◆ WHAT TO WORK ON: Below are records; copy every line among them that contains the word "else".

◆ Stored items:
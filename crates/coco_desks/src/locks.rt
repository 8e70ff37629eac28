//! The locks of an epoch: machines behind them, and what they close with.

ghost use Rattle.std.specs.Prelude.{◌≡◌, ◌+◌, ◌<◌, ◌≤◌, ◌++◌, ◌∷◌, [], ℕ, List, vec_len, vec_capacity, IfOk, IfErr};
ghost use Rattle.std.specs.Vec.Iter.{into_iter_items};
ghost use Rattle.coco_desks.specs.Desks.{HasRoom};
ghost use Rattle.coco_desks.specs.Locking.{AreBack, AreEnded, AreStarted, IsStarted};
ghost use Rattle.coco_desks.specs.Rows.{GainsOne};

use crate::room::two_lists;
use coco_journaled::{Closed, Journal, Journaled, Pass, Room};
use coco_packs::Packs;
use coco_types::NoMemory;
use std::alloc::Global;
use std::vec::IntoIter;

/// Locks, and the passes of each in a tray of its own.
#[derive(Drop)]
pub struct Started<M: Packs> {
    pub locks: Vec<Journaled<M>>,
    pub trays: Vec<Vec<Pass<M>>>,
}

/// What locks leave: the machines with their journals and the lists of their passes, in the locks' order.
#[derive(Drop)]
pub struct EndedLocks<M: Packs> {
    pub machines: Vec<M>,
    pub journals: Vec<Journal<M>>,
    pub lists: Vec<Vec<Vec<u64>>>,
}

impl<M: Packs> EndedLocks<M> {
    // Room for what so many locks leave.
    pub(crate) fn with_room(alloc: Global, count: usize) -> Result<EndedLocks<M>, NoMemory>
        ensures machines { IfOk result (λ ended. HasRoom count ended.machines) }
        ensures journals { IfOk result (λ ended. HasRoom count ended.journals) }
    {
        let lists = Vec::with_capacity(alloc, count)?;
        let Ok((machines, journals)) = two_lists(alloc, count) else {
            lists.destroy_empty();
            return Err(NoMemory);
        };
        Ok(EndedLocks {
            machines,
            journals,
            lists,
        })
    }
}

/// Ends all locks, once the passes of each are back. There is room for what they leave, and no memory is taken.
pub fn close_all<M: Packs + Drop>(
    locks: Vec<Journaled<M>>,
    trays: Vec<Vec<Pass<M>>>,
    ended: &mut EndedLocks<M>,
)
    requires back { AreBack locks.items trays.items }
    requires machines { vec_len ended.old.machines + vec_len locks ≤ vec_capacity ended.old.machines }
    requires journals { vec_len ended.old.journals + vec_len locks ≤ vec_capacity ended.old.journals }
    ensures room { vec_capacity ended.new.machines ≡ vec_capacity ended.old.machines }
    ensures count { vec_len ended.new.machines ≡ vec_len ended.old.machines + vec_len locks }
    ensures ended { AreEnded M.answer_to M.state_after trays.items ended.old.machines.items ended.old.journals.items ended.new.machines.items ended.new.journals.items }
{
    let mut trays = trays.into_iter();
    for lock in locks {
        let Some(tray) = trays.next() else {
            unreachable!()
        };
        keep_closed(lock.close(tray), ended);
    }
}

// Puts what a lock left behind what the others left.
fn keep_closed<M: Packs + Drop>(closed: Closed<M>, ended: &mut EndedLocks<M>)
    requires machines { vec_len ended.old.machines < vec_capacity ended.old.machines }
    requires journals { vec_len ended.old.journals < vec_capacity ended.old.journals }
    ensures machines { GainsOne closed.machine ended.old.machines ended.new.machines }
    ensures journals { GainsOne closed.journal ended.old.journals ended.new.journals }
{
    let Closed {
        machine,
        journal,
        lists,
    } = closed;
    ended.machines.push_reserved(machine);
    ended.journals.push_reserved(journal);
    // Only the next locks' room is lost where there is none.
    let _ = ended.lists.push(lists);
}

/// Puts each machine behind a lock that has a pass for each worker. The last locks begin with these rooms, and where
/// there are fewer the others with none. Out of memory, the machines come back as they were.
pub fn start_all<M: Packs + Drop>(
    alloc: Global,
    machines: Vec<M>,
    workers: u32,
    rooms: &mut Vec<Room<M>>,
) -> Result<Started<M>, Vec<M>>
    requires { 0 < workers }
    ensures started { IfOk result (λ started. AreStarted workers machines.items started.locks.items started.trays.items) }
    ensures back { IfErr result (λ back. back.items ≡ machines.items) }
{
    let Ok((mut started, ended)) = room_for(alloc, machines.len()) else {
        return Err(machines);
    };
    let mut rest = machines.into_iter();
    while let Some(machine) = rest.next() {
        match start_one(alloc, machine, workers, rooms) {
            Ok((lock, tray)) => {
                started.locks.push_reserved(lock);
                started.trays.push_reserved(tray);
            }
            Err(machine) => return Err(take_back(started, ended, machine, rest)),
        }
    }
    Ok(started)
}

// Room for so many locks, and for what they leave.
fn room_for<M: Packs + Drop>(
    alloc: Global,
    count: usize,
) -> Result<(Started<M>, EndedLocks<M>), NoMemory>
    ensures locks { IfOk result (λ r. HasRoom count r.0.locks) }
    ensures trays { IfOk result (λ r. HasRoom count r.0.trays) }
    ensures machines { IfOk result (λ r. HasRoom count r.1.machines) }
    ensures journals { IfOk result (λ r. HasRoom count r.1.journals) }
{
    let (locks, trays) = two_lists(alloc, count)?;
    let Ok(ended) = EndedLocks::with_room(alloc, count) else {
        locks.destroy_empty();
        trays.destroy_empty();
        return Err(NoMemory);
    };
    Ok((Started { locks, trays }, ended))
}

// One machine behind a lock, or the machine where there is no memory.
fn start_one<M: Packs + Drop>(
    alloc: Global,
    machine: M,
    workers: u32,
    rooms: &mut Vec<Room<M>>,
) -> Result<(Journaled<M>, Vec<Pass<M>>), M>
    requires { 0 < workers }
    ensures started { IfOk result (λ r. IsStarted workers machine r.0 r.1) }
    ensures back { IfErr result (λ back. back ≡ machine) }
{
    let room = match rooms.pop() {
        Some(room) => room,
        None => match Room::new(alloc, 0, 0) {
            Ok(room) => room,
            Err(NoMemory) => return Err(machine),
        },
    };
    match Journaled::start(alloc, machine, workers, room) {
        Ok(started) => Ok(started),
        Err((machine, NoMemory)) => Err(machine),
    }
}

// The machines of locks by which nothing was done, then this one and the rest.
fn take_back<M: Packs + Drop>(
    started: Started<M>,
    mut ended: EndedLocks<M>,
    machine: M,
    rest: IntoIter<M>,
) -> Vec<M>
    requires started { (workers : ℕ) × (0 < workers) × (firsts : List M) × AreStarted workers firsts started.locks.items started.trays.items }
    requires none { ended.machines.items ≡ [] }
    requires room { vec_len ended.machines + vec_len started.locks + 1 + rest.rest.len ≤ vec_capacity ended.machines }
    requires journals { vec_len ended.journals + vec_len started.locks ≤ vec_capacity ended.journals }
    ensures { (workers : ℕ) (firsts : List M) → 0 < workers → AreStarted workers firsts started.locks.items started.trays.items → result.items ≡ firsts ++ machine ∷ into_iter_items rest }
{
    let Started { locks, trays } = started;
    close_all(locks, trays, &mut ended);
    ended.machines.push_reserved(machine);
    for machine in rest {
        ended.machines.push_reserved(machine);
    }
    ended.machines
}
--
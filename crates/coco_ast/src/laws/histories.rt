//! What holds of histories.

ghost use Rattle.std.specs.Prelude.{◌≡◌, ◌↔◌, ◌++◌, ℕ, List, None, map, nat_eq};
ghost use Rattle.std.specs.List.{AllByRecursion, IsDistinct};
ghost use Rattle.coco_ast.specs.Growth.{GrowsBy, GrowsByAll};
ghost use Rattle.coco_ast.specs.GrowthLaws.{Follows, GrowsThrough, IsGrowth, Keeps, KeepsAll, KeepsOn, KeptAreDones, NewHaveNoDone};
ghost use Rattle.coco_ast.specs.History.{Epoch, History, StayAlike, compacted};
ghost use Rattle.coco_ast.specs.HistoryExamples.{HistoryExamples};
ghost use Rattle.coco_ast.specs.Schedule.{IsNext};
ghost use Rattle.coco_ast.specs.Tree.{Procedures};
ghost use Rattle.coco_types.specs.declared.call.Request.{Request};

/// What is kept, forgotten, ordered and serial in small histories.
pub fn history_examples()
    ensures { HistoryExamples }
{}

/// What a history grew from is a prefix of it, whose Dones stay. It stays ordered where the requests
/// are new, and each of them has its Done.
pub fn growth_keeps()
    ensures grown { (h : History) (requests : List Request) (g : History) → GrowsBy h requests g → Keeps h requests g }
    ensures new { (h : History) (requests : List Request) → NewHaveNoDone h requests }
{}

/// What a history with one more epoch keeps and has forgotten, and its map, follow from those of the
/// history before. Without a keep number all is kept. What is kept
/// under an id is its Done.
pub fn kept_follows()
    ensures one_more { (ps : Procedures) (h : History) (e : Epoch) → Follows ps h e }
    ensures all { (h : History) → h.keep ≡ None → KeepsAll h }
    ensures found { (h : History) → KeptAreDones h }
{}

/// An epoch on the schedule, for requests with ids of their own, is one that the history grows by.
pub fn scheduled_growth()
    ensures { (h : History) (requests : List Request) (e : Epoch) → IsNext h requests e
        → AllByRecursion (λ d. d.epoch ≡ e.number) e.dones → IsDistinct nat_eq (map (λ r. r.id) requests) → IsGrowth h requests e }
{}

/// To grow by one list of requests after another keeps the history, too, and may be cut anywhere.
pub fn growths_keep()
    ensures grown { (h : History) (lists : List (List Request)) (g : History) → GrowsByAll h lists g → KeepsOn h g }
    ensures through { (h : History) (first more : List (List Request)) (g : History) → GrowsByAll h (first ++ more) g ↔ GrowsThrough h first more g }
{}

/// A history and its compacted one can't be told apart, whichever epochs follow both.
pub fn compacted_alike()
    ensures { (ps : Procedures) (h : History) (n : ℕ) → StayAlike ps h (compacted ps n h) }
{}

◆ SOLUTION FOR THIS TASK:
        let Ok((machines, journals)) = two_lists(alloc, count) else {
        let Some(tray) = trays.next() else {
    let Ok((mut started, ended)) = room_for(alloc, machines.len()) else {
    let Ok(ended) = EndedLocks::with_room(alloc, count) else {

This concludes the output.